You are welcome to represent the game's data however you like. However as a guide to one possible representation (the one used for the example program demoed in class), you might consider a tree in which internal nodes are questions and leaf nodes are objects, e.g., 

(define initialTree '("Is it bigger than a breadbox?" "spam" "a computer scientist"))
Strings are likely the simplest data structure for questions and objects. The function string-append, along with the other string functions noted on the Scheme reference card may be of use.

Possible approach to 20Q...

As with the data structure, the choice here is yours. As one possible suggestion to get you started (if you'd like), consider the decomposition of the demo version, which included

  1. A function named (tq-once tree) that plays the game of 20 questions, as described above, and then returns the augmented tree after one complete round of the game. If the computer guesses the object correctly, it would simply return the same tree it was originally passed.
  2. A function named (tq-continuer tree) that calls tq-once in order to run one round of the game. When finished, this function should ask if the user wants to play again and take the appropriate action.
  3. A function named (twenty-questions) that calls tq-container using the default tree named initialTree.

Input:

Here are two functions demonstrating how to use (read-line) to grab a line of user input.

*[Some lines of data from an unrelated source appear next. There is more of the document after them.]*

//! The visible entries in the order of access, and a cache made again from them.
ghost use Rattle.std.specs.Prelude.{◌≡◌, ◌∷◌, ◌++◌, [], Bool, false, List, IfOk, IfErr, OnErr, option_map};
ghost use Rattle.std.specs.Duration.{as_nanos};
ghost use Rattle.std.specs.Vec.Iter.{into_iter_items};
ghost use Rattle.moka_parts.specs.State.{is_disabled};
ghost use Rattle.moka_types.specs.declared.calls.Reply.TheVariants as reply;
ghost use Rattle.moka_records.specs.declared.instant.Instant.{Instant};
ghost use Rattle.moka_engine.specs.Snapshot.{scene_of};
ghost use Rattle.moka_engine.specs.parts.Restored.{Restored};
ghost use Rattle.moka_records.specs.Hashing.{key_hash};
ghost use Rattle.moka_cache.specs.Saves.{AddsOnly, HasOnlyMembers, AreSaved, AreThere, IsRestored, IsSaved, PutsBack, PutsManyBack, TakesOnlyExpired};
ghost use Rattle.moka_calls.specs.Synchronous.{Just, Makes, meaning_of, own_run};
ghost use Rattle.moka_cache.specs.Unsent.{HidesNoMore};

use super::Cache;
use moka_engine::base_cache::{RestoreRefused, Restored, Snapshot, SnapshotEntry};
use moka_parts::closures::{PredicateFn, Weigher};
use moka_parts::error::OutOfMemory;
use moka_parts::housekeeper::Clock;
use moka_parts::notification::Listener;
use moka_parts::policy::{Expiry, Instant};
use std::alloc::Global;
use std::error::Error;
use std::fmt;
use std::hash::{BuildHasher, Hash};
use std::vec::IntoIter;

/// Entries of which one was not put back.
#[derive(Debug, Drop)]
pub struct RestoreManyRefused<K, V> {
    /// The entry that was refused, and why.
    pub refused: RestoreRefused<K, V>,
    /// The entries after it, in order.
    pub rest: IntoIter<Restored<K, V>>,
}

impl<K, V> fmt::Display for RestoreManyRefused<K, V> {
    ghost use Rattle.std.specs.Prelude.{Some};
    ghost use Rattle.moka_engine.specs.Restores.{restore_text};

    ghost output = { λ e. Some (restore_text e.refused.error) };

    fn fmt<W: fmt::Write>(&self, f: &mut fmt::Formatter<W>) -> fmt::Result {
        write!(f, "{}", self.refused)
    }
}

impl<K: fmt::Debug + Drop, V: fmt::Debug + Drop> Error for RestoreManyRefused<K, V> {}

impl<
    K: Eq + Hash,
    V,
    X: Expiry<K, V>,
    L: Listener<K, V>,
    P: PredicateFn<K, V>,
    W: Weigher<K, V>,
    S: BuildHasher,
> Cache<K, V, X, L, P, W, S> {
    /// The entries that are visible at the moment `now`, least recently used first, with their moments and the time
    /// that each has left. It takes no memory and clones nothing. An entry whose first insert was not applied yet is
    /// left out; `run_pending_tasks` applies all.
    pub fn snapshot(&self, now: Instant) -> Snapshot<'_, K, V, S, X, P>
        ensures { result ≡ scene_of self.now.engine.state now.0 }
    {
        self.engine().snapshot(now)
    }

    /// Runs maintenance at the moment `now`, and then clones what `snapshot` lists: all visible entries, least recently
    /// used first.
    ///
    /// ```text
    /// let saved = cache.save(alloc, now, &mut clock)?;
    /// let mut again = Cache::build(config, alloc, now)?;
    /// again.restore(saved, now, &mut clock)?;
    /// ```
    ///
    /// # Errors
    /// `OutOfMemory` if memory for the list or for a clone is refused. The run was made.
    pub fn save<C: Clock>(
        &mut self,
        alloc: Global,
        now: Instant,
        clock: &mut C,
    ) -> Result<Vec<Restored<K, V>>, OutOfMemory>
    where
        K: Clone + Drop,
        V: Clone + Drop,
        P: Drop,
        ensures saved { IfOk result (λ items. AreSaved P.says K.is_clone V.is_clone
            (scene_of self.new.engine.state now.0) self.new.engine.state.access items.items) }
        ensures members { HasOnlyMembers self.new.engine.state }
        ensures run { (more : Bool) × Makes (meaning_of K.eq L.tells P.says W.weighs C.reads X.created X.read X.updated)
            (Just (own_run now) (reply.Run more)) self.old.engine clock.old self.new.engine clock.new }
        ensures counted { self.new.stats ≡ self.old.stats }
    {
        self.run_pending_tasks(now, clock);
        clones_of(alloc, self.snapshot(now))
    }

    /// Puts back an entry whose key has none, with the moments and the expiry that it had, and sends its operation as
    /// an insert at the moment `now` does. A cache of capacity 0 drops it.
    ///
    /// # Errors
    /// As `BaseCache::restore`: the entry comes back, and nothing has changed.
    pub fn restore_entry<C: Clock>(
        &mut self,
        item: Restored<K, V>,
        now: Instant,
        clock: &mut C,
    ) -> Result<(), RestoreRefused<K, V>>
    where
        K: Drop,
        V: Drop,
        P: Drop,
        ensures made { PutsBack (meaning_of K.eq L.tells P.says W.weighs C.reads X.created X.read X.updated)
            (λ h k. key_hash S.BuildHasher S.Hasher.Hasher h (K.hash_input k)) now item result
            self.old.engine clock.old self.new.engine clock.new }
        ensures kept { IfOk result (λ _. is_disabled self.old.engine.state.capacity ≡ false
            → IsRestored K.eq self.new.engine.state item) }
        ensures adds { AddsOnly (item ∷ []) self.old.engine.state self.new.engine.state }
        ensures lasts { TakesOnlyExpired W.weighs (item ∷ []) now.0 self.old.engine.state self.new.engine.state }
        ensures hides { HidesNoMore self.old.engine.state self.new.engine.state }
        ensures back { IfErr result (λ refused. refused.item ≡ item) }
        ensures unchanged { OnErr result ((self.new.engine.state ≡ self.old.engine.state) × (clock.new ≡ clock.old)) }
        ensures counted { self.new.stats ≡ self.old.stats }
    {
        self.engine.invariant_holds();
        if self.engine.is_map_disabled() {
            return Ok(());
        }
        let ticket = self.engine.restore(item)?;
        Self::post(&mut self.engine, ticket, now, clock);
        self.engine.invariant_holds();
        Ok(())
    }

    /// Puts each entry back, in order, as `restore_entry`.
    ///
    /// If there are no predicates and no invalidation of all: with the saved cache's times to live and to idle, an
    /// entry that was put back is visible exactly when the saved one is, until either is read or written
    /// (`moka_restore_laws`); and if the capacity, should one be set, has room for all (`IsRoomyFor`), each entry that
    /// has not expired at the moment `now` is there afterwards. Else runs that a later entry starts may evict it.
    /// Frequencies and the order of writing are not restored.
    ///
    /// # Errors
    /// As `restore_entry`, at the first entry that is refused: it comes back with the entries after it.
    pub fn restore<C: Clock>(
        &mut self,
        items: Vec<Restored<K, V>>,
        now: Instant,
        clock: &mut C,
    ) -> Result<(), RestoreManyRefused<K, V>>
    where
        K: Drop,
        V: Drop,
        P: Drop,
        ensures made { PutsManyBack (meaning_of K.eq L.tells P.says W.weighs C.reads X.created X.read X.updated)
            (λ h k. key_hash S.BuildHasher S.Hasher.Hasher h (K.hash_input k)) now items.items result
            self.old.engine clock.old self.new.engine clock.new }
        ensures there { IfOk result
            (λ _. AreThere W.weighs K.eq now.0 items.items self.old.engine.state self.new.engine.state) }
        ensures adds { AddsOnly items.items self.old.engine.state self.new.engine.state }
        ensures lasts { TakesOnlyExpired W.weighs items.items now.0 self.old.engine.state self.new.engine.state }
        ensures hides { HidesNoMore self.old.engine.state self.new.engine.state }
        ensures back { IfErr result (λ e. (done : List (Restored K V))
            × (items.items ≡ done ++ e.refused.item ∷ into_iter_items e.rest)) }
        ensures counted { self.new.stats ≡ self.old.stats }
    {
        let mut rest = items.into_iter();
        while let Some(item) = rest.next() {
            if let Err(refused) = self.restore_entry(item, now, clock) {
                return Err(RestoreManyRefused { refused, rest });
            }
        }
        self.engine.invariant_holds();
        Ok(())
    }
}

// Clones of what a snapshot lists.
fn clones_of<K: Eq + Hash + Clone + Drop, V: Clone + Drop, S: BuildHasher, X, P: PredicateFn<K, V>>(
    alloc: Global,
    snapshot: Snapshot<'_, K, V, S, X, P>,
) -> Result<Vec<Restored<K, V>>, OutOfMemory>
    ensures { IfOk result
        (λ items. AreSaved P.says K.is_clone V.is_clone snapshot.entry snapshot.entry.members items.items) }
{
    let mut items = Vec::new(alloc);
    for entry in snapshot {
        let item = clone_of(entry)?;
        let Ok(_) = items.push(item) else {
            return Err(OutOfMemory);
        };
    }
    Ok(items)
}

// A clone of an entry.
fn clone_of<K: Clone + Drop, V: Clone>(
    entry: SnapshotEntry<'_, K, V>,
) -> Result<Restored<K, V>, OutOfMemory>
    ensures { IfOk result (IsSaved K.is_clone V.is_clone (record {
      key = entry.entry.key.now;
      value = entry.entry.value.now;
      written = entry.entry.last_modified;
      read = entry.entry.last_accessed;
      expires = entry.entry.expires;
      left = option_map as_nanos entry.entry.remaining;
    })) }
{
    let (key, value) = (entry.key.clone()?, entry.value.clone()?);
    Ok(Restored {
        key,
        value,
        last_modified: entry.last_modified,
        last_accessed: entry.last_accessed,
        expires: entry.expires,
    })
}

The first tests the resulting value (which will be a string). The second is a more general-purpose question-asking function: 

(define (askyn Q)  ;; asks a yes/no question Q and returns #t or #f
  (begin
    (display Q)
    (display " (y/n) ")
    (if (equal? "y" (read-line))
        #t
        #f)
    ))


(define (ask Q)
  (begin
    (display Q)
    (read-line)))

Hints:    (feel free to disregard!)

The binary tree used in this game is slightly different than the numeric ones used earlier in the HW. In this case, the leaves are not empty lists; rather, they contain possible objects; internal nodes contain questions. After the first round in the example above, the tree's structure would be 

("Is it bigger than a breadbox?" "spam" ("Do you titrate?" "a computer scientist" "a chemist"))
Note that, by our convention, "no" traverses to the left and "yes" to the right.

A crucial facet of the game is that (tq-once tree) must return a valid twenty-questions tree from all of the different conditional branches it handles. That returned tree will be augmented by an additional question and an additional object if the previous run did not guess the object correctly. If it did guess the object correctly, the original tree will be returned.

The tq-continuer function will want to give a name to the value of that new tree (using let is one way to do this). It will then ask the user whether they would like to continue and use that new tree as appropriate.

As with any large functional program, the key is to break up the tasks into manageable chunks, write functions that handle those pieces, and then compose them into a solution. Write a number of helper functions that will keep your code succinct and straightforward.